[
https://issues.apache.org/jira/browse/METRON-1795?page=com.atlassian.jira.plugin.system.issuetabpanels:comment-tabpanel&focusedCommentId=16661752#comment-16661752
]
ASF GitHub Bot commented on METRON-1795:
----------------------------------------
GitHub user jagdeepsingh2 opened a pull request:
https://github.com/apache/metron/pull/1245
METRON-1795: Initial Commit for Regular Expressions Parser
## Contributor Comments
Contributing a new general purpose regular expressions based parser.
## Pull Request Checklist
Thank you for submitting a contribution to Apache Metron.
Please refer to our [Development
Guidelines](https://cwiki.apache.org/confluence/pages/viewpage.action?pageId=61332235)
for the complete guide to follow for contributions.
Please refer also to our [Build Verification
Guidelines](https://cwiki.apache.org/confluence/display/METRON/Verifying+Builds?show-miniview)
for complete smoke testing guides.
In order to streamline the review of the contribution we ask you follow
these guidelines and ask you to double check the following:
### For all changes:
- [ ] Is there a JIRA ticket associated with this PR? If not one needs to
be created at [Metron
Jira](https://issues.apache.org/jira/browse/METRON/?selectedTab=com.atlassian.jira.jira-projects-plugin:summary-panel).

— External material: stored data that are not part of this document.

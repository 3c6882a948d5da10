//! Trees that are split at paths, and joined again.
ghost use Rattle.std.specs.Prelude.{◌≡◌, ◌↔◌, ◌++◌, ◌+◌, ◌⊎◌, ◌≤◌, [], IfErr, IfOk, IsTrue, List, ℕ, length, vec_capacity};
ghost use Rattle.std.specs.List.{AllByRecursion};
ghost use Rattle.std.specs.VecDeque.{deque_capacity, deque_len};
ghost use Rattle.ts_model.specs.Trees.{at};
ghost use Rattle.ts_table.specs.Splices.{ArePaths, grafted};
ghost use Rattle.ts_table.specs.Splits.{ArePartsAt, IsFrame, MaySplit, edits_of, without, FillsEach};
ghost use Rattle.ts_tree.specs.Trees.{FilesFit};

use crate::fault::TreeFault;
use crate::subtree::SubTree;
use crate::tree::Tree;
use std::alloc::Global;
use std::collections::VecDeque;
use std::marker::Model;
use ts_model::items::Items;
use ts_name::Path;
use ts_table::{SubTable, Table};

/// What is left of a tree that was split: all but the parts at the paths of the split.
#[derive(Drop)]
pub struct Frame {
    frame: ts_table::Frame<Items<u8>>,
}

impl Model for Frame {
    ghost use Rattle.std.specs.Prelude.{List, ℕ};
    ghost use Rattle.ts_table.specs.Splits.{FrameOf};
    ghost use Rattle.ts_tree.specs.Trees.{FilesFit};

    ghost Value = { FrameOf (List ℕ) };

    ghost view = { λ f. f.frame };

    ghost invariant = { λ f. FilesFit f.frame.rows };
}

impl Frame {
    /// The paths of the split, in order. It takes no memory.
    pub fn paths(&self) -> &[Path]
        ensures paths { result.now ≡ self.now.paths }
        ensures lawful { IsFrame self.now }
    {
        self.frame.paths()
    }
}

impl Tree {
    /// Whether the tree may be split at these paths: they ascend, none is above another, none is the root, and the parent
    /// of each is a directory. It takes no memory.
    pub fn may_split(&self, paths: &[Path]) -> bool
        ensures { IsTrue result ↔ MaySplit (at self.now) paths.now }
    {
        self.table().may_split(paths)
    }

    /// Takes the parts at the paths out of the tree. What is left is the frame; `join` puts parts back.
    ///
    /// The paths ascend, none is above another, none is the root, and the parent of each is a directory. At some of them
    /// there may be nothing. Where memory runs out, the only fault, the tree comes back as it was.
    pub fn split(
        self,
        alloc: Global,
        paths: &[Path],
    ) -> Result<(Frame, Vec<SubTree>), (Tree, TreeFault)>
        requires { MaySplit (at self) paths.now }
        ensures paths { IfOk result (λ r. r.0.paths ≡ paths.now) }
        ensures parts { IfOk result (λ r. ArePartsAt (at self) paths.now r.1.items) }
        ensures frame { IfOk result (λ r. at r.0.rows ≡ without (at self) paths.now) }
        ensures err { IfErr result (λ r. (r.0 ≡ self) × (r.1 ≡ TreeFault.OutOfMemory)) }
    {
        let Ok(room) = VecDeque::with_capacity(alloc, paths.len()) else {
            return Err((self, TreeFault::OutOfMemory));
        };
        match self.into_table().split(alloc, paths) {
            Ok((frame, parts)) => {
                let _paths = frame.paths();
                Ok((Frame { frame }, trees_of(parts, room)))
            }
            Err((table, _)) => Err((Tree::from_table(table), TreeFault::OutOfMemory)),
        }
    }

    /// Puts each part at its path of the frame, in their order; there are as many parts as paths.
    ///
    /// `TooLong` where a path would be past the limits. After a fault the frame and the parts come back as they were.
    pub fn join(
        alloc: Global,
        frame: Frame,
        parts: Vec<SubTree>,
    ) -> Result<Tree, (Frame, Vec<SubTree>, TreeFault)>
        requires { length parts.items ≡ length frame.paths }
        ensures ok { IfOk result (λ tree. at tree ≡ grafted (at frame.rows) (edits_of frame.paths parts.items)) }
        ensures whole { IfOk result (λ tree. FillsEach frame parts.items (at tree)) }
        ensures paths { IfOk result (λ _. ArePaths (edits_of frame.paths parts.items)) }
        ensures err { IfErr result (λ r. (r.0 ≡ frame) × (r.1.items ≡ parts.items)) }
        ensures too_long { IfErr result (λ r. r.2 ≡ TreeFault.TooLong → ¬ ArePaths (edits_of frame.paths parts.items)) }
        ensures fault { IfErr result (λ r. (r.2 ≡ TreeFault.OutOfMemory) ⊎ (r.2 ≡ TreeFault.TooLong)) }
    {
        let Ok(room) = Vec::with_capacity(alloc, parts.len()) else {
            return Err((frame, parts, TreeFault::OutOfMemory));
        };
        let Frame { frame } = frame;
        let mut parts = VecDeque::from_vec(parts);
        let tables = tables_of(&mut parts, room);
        match Table::join(alloc, frame, tables) {
            Ok(table) => {
                let _rows = table.rows();
                Ok(Tree::from_table(table))
            }
            Err((frame, tables, fault)) => Err((
                Frame { frame },
                trees_of(tables, parts),
                TreeFault::from(fault),
            )),
        }
    }
}

/// The parts as trees, in `out`, which has room for them.
fn trees_of(parts: Vec<SubTable<Items<u8>>>, mut out: VecDeque<SubTree>) -> Vec<SubTree>
    requires files { AllByRecursion FilesFit parts.items }
    requires room { deque_len out + length parts.items ≤ deque_capacity out }
    ensures { result.items ≡ out.items ++ parts.items }
{
    for part in parts {
        let Ok(()) = out.push_back(SubTree::from_table(part)) else {
            unreachable!();
        };
    }
    Vec::from(out)
}

/// The parts as tables, in `out`, which is empty and has room for them. `parts` keeps its room.
fn tables_of(
    parts: &mut VecDeque<SubTree>,
    mut out: Vec<SubTable<Items<u8>>>,
) -> Vec<SubTable<Items<u8>>>
    requires empty { out.items ≡ [] }
    requires room { deque_len parts.old ≤ vec_capacity out }
    ensures tables { result.items ≡ parts.old.items }
    ensures files { AllByRecursion FilesFit result.items }
    ensures none { parts.new.items ≡ [] }
    ensures capacity { deque_capacity parts.new ≡ deque_capacity parts.old }
{
    while let Some(part) = parts.pop_front() {
        let Ok(()) = out.push(part.into_table()) else {
            unreachable!();
        };
    }
    out
}
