//! Trees.
ghost use Rattle.std.specs.List.{AllByRecursion};
ghost use Rattle.std.specs.Prelude.{◌≡◌, ◌≢◌, ◌↔◌, ◌⊎◌, ◌++◌, ◌∷◌, [], List, ℕ, true, false, is_ok, if◌then◌else◌, IfErr};
ghost use Rattle.std.specs.Prelude.{IfOk, IsErrOf, IsTrue, MatchResult, OnErr, OnOk};
ghost use Rattle.ts_model.specs.Runs.{graft};
ghost use Rattle.ts_model.specs.Texts.{FileFits, IsTreeBody};
ghost use Rattle.ts_model.specs.Trees.{IsListing, at, listed, sub};
ghost use Rattle.ts_model.specs.declared.row.Content.{Content};
ghost use Rattle.ts_model.specs.declared.row.Content.TheVariants.{Absent};
ghost use Rattle.ts_table.specs.Tables.{IsPlace, placed, rows_below};
ghost use Rattle.ts_name.specs.Paths.{IsPath};
ghost use Rattle.ts_table.specs.Splices.{ArePaths, ArePlaces, AreInOrder, grafted};
ghost use Rattle.ts_tree.specs.Trees.{EditFits, FilesFit, node_of};

use crate::fault::TreeFault;
use crate::subtree::SubTree;
use std::alloc::{AllocError, Global};
use std::marker::Model;
use ts_model::items::Items;
use ts_model::row::{Content, Row};
use ts_name::Path;
use ts_table::{Edit, SubTable, Table};

/// What is at a path of a tree: nothing, a directory, or a file with its bytes.
pub type Node<'a> = Content<&'a [u8]>;

/// Directories and files with their bytes. The root is a directory.
pub struct Tree {
    table: Table<Items<u8>>,
}

/// Written out, so that a proof of what drops one stays short.
impl Drop for Tree {
    fn drop(self) {
        let Tree { table } = self;
        drop(table);
    }
}

impl Model for Tree {
    ghost use Rattle.std.specs.Prelude.{List, ℕ};
    ghost use Rattle.ts_model.specs.declared.row.Row.{Row};
    ghost use Rattle.ts_model.specs.Texts.{IsTreeBody};

    ghost Value = { List (Row (List ℕ)) };

    ghost view = { λ t. t.table };

    ghost invariant = { λ t. IsTreeBody t.table };
}

impl Tree {
    /// The tree of the root alone. It takes no memory.
    pub fn empty(alloc: Global) -> Self
        ensures { result ≡ [] }
    {
        Tree {
            table: Table::new(alloc),
        }
    }

    /// What is at each path but the root, in path order. It takes no memory.
    pub fn rows(&self) -> &[Row<Items<u8>>]
        ensures rows { result.now ≡ self.now }
        ensures lawful { IsTreeBody self.now }
    {
        self.table.rows()
    }

    /// The rows at a path and below it, in path order; all rows for the root. It takes no memory.
    pub fn sub(&self, path: &Path) -> &[Row<Items<u8>>]
        ensures { result.now ≡ rows_below path.now self.now }
    {
        self.table.sub(path)
    }

    /// What is at a path. It takes no memory.
    pub fn get(&self, path: &Path) -> Node<'_>
        ensures { node_of result ≡ at self.now path.now }
    {
        match self.table.get(path) {
            Content::Absent => Content::Absent,
            Content::Dir => Content::Dir,
            Content::File(bytes) => Content::File(bytes.as_slice()),
        }
    }

    /// Whether a row at this path may come next. It takes no memory.
    pub(crate) fn may_push(&self, path: &Path) -> bool
        ensures yes { IsTrue result → (x : Content (List ℕ)) → x ≢ Absent → IsListing (self.now ++ record { path = path.now; content = x } ∷ []) }
        ensures no { result ≡ false → (x : Content (List ℕ)) → ¬ IsListing (self.now ++ record { path = path.now; content = x } ∷ []) }
    {
        self.table.may_push(path)
    }

    /// The tree with one more row.
    pub(crate) fn with_row(self, row: Row<Items<u8>>) -> Result<Tree, AllocError>
        requires listing { IsListing (self ++ row ∷ []) }
        requires file { FileFits row.content }
        ensures ok { IfOk result (λ tree. tree ≡ self ++ row ∷ []) }
    {
        let Tree { mut table } = self;
        table.push(row)?;
        Ok(Tree { table })
    }

    /// The same tree once more.
    pub fn copy(&self, alloc: Global) -> Result<Tree, AllocError>
        ensures { IfOk result (λ tree. tree ≡ self.now) }
    {
        let table = self.table.copy(alloc)?;
        Ok(Tree { table })
    }

    /// What is at a path and below it, by paths relative to it.
    pub fn sub_table(&self, alloc: Global, path: &Path) -> Result<SubTable<Items<u8>>, AllocError>
        ensures part { IfOk result (λ part. listed part ≡ sub (at self.now) path.now) }
        ensures files { IfOk result (λ part. AllByRecursion (λ row. FileFits row.content) part) }
        ensures paths { IfOk result (λ part. AllByRecursion (λ row. IsPath row.path) (placed path.now part)) }
    {
        let part = self.table.sub_table(alloc, path)?;
        let _part_rows = part.rows();
        Ok(part)
    }

    /// What is at a path and below it.
    pub fn sub_tree(&self, alloc: Global, path: &Path) -> Result<SubTree, AllocError>
        ensures part { IfOk result (λ part. listed part ≡ sub (at self.now) path.now) }
    {
        Ok(SubTree::from_table(self.sub_table(alloc, path)?))
    }

    /// Puts a content in the place of what stands at a path and below it.
    ///
    /// `TooLong` where a path would be past the limits. After a fault nothing has changed, and the content is dropped.
    pub fn replace(&mut self, alloc: Global, path: &Path, part: SubTree) -> Result<(), TreeFault>
        requires { IsPlace (at self.old) path.now }
        ensures ok { OnOk result (at self.new ≡ graft (at self.old) path.now (listed part)) }
        ensures paths { OnOk result (AllByRecursion (λ row. IsPath row.path) (placed path.now part)) }
        ensures too_long { IsErrOf result TreeFault.TooLong → ¬ AllByRecursion (λ row. IsPath row.path) (placed path.now part) }
        ensures fault { IfErr result (λ e. (e ≡ TreeFault.OutOfMemory) ⊎ (e ≡ TreeFault.TooLong)) }
        ensures err { OnErr result (self.new ≡ self.old) }
    {
        self.table.replace(alloc, path, part.into_table())?;
        let _rows = self.table.rows();
        Ok(())
    }

    /// Whether something may stand at a path: it is not the root, and its parent is a directory. It takes no memory.
    pub fn is_place(&self, path: &Path) -> bool
        ensures { IsTrue result ↔ IsPlace (at self.now) path.now }
    {
        self.table.is_place(path)
    }

    /// The tree as a table. It takes no memory.
    pub(crate) fn into_table(self) -> Table<Items<u8>>
        ensures table { result ≡ self }
        ensures lawful { IsTreeBody self }
    {
        let Tree { table } = self;
        table
    }

    /// The table as a tree. It takes no memory.
    pub(crate) fn from_table(table: Table<Items<u8>>) -> Tree
        requires { FilesFit table }
        ensures { result ≡ table }
    {
        let _rows = table.rows();
        Tree { table }
    }

    /// The table of the rows, borrowed.
    pub(crate) fn table(&self) -> &Table<Items<u8>>
        ensures { result.now ≡ self.now }
    {
        &self.table
    }

    /// Makes many edits in one pass, each after the one before it: the paths ascend, and an edit may stand below an
    /// earlier one, where that one's rows all come before it, as those of a bare directory do.
    ///
    /// `TooLong` where a path would be past the limits. After a fault nothing has changed, and the edits are dropped.
    pub fn splice(&mut self, alloc: Global, edits: Vec<Edit<Items<u8>>>) -> Result<(), TreeFault>
        requires places { ArePlaces (at self.old) edits.items }
        requires order { AreInOrder edits.items }
        requires files { AllByRecursion EditFits edits.items }
        ensures ok { OnOk result (at self.new ≡ grafted (at self.old) edits.items) }
        ensures paths { OnOk result (ArePaths edits.items) }
        ensures too_long { IsErrOf result TreeFault.TooLong → ¬ ArePaths edits.items }
        ensures fault { IfErr result (λ e. (e ≡ TreeFault.OutOfMemory) ⊎ (e ≡ TreeFault.TooLong)) }
        ensures err { OnErr result (self.new ≡ self.old) }
    {
        self.table.splice(alloc, edits)?;
        let _rows = self.table.rows();
        Ok(())
    }
}
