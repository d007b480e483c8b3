// The hashes of leaf columns, whose rows stand for no other rows.
#![tactic(auto)]

mod bytes;
mod hashing;
mod leaf;
mod number;
mod reader;
mod rows;
mod view;

pub use leaf::hash_leaf;
pub use number::{Wide, element_of};
pub use rows::Rows;
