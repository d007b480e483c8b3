// Columns of views.
ghost use Rattle.layout.specs.declared.data_type.DataType.TheVariants.{View as view_type};

use crate::reader::Reader;
use hash_state::View;
use layout::bytes::Native;
use layout::column::Column;

#[derive(Drop)]
pub(crate) struct Views;

impl<'a> Reader<'a> for Views {
    type Item = View<'a>;

    ghost data_type = { λ _. view_type };

    // Up to 12 bytes stand in the view itself, with zeros behind them. Its low word is made of the size: so the compiler
    // knows three of its bytes to be 0, and FNV-1a goes past them in one step.
    fn value(&self, column: &Column<'a>, row: u32) -> View<'a> {
        let bytes = column.bytes;
        let view = column.view_place(row);
        let size = u32::load(bytes, view);
        if size <= 12 {
            let low = u64::from(size) + (u64::from(u32::load(bytes, view + 4)) << 32);
            return View::Inline(low, u64::load(bytes, view + 8));
        }
        let place = column.long_view_place(view);
        View::Long(&bytes[place..place + size as usize])
    }
}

**Yes. Jira created for this PR.
https://issues.apache.org/jira/browse/METRON-1795**
- [ ] Does your PR title start with METRON-XXXX where XXXX is the JIRA
number you are trying to resolve? Pay particular attention to the hyphen "-"
character.
**Yes.**
- [ ] Has your PR been rebased against the latest commit within the target
branch (typically master)?
**Yes**
### For code changes:
- [ ] Have you included steps to reproduce the behavior or problem that is
being changed or addressed?
**N/A as this PR is for a new feature.**
- [ ] Have you included steps or a guide to how the change may be verified
and tested manually?
**Yes. Included Junit can be used to test the new parser.**
- [ ] Have you ensured that the full suite of tests and checks have been
executed in the root metron folder via:
```
mvn -q clean integration-test install &&
dev-utilities/build-utils/verify_licenses.sh
```
**Yes.**
- [ ] Have you written or updated unit tests and or integration tests to
verify your changes?
**I have included the unit tests.**
- [ ] If adding new dependencies to the code, are these dependencies
licensed in a way that is compatible for inclusion under [ASF
2.0](http://www.apache.org/legal/resolved.html#category-a)?
**N/A**
- [ ] Have you verified the basic functionality of the build by building
and running locally with Vagrant full-dev environment or the equivalent?
**Yes**
### For documentation related changes:
- [ ] Have you ensured that format looks appropriate for the output in
which it is rendered by building and verifying the site-book? If not then run
the following commands and the verify changes via
`site-book/target/site/index.html`:
```
cd site-book
mvn site
```
**Yes.**
#### Note:
Please ensure that once the PR is submitted, you check travis-ci for build
issues and submit an update to your PR as soon as possible.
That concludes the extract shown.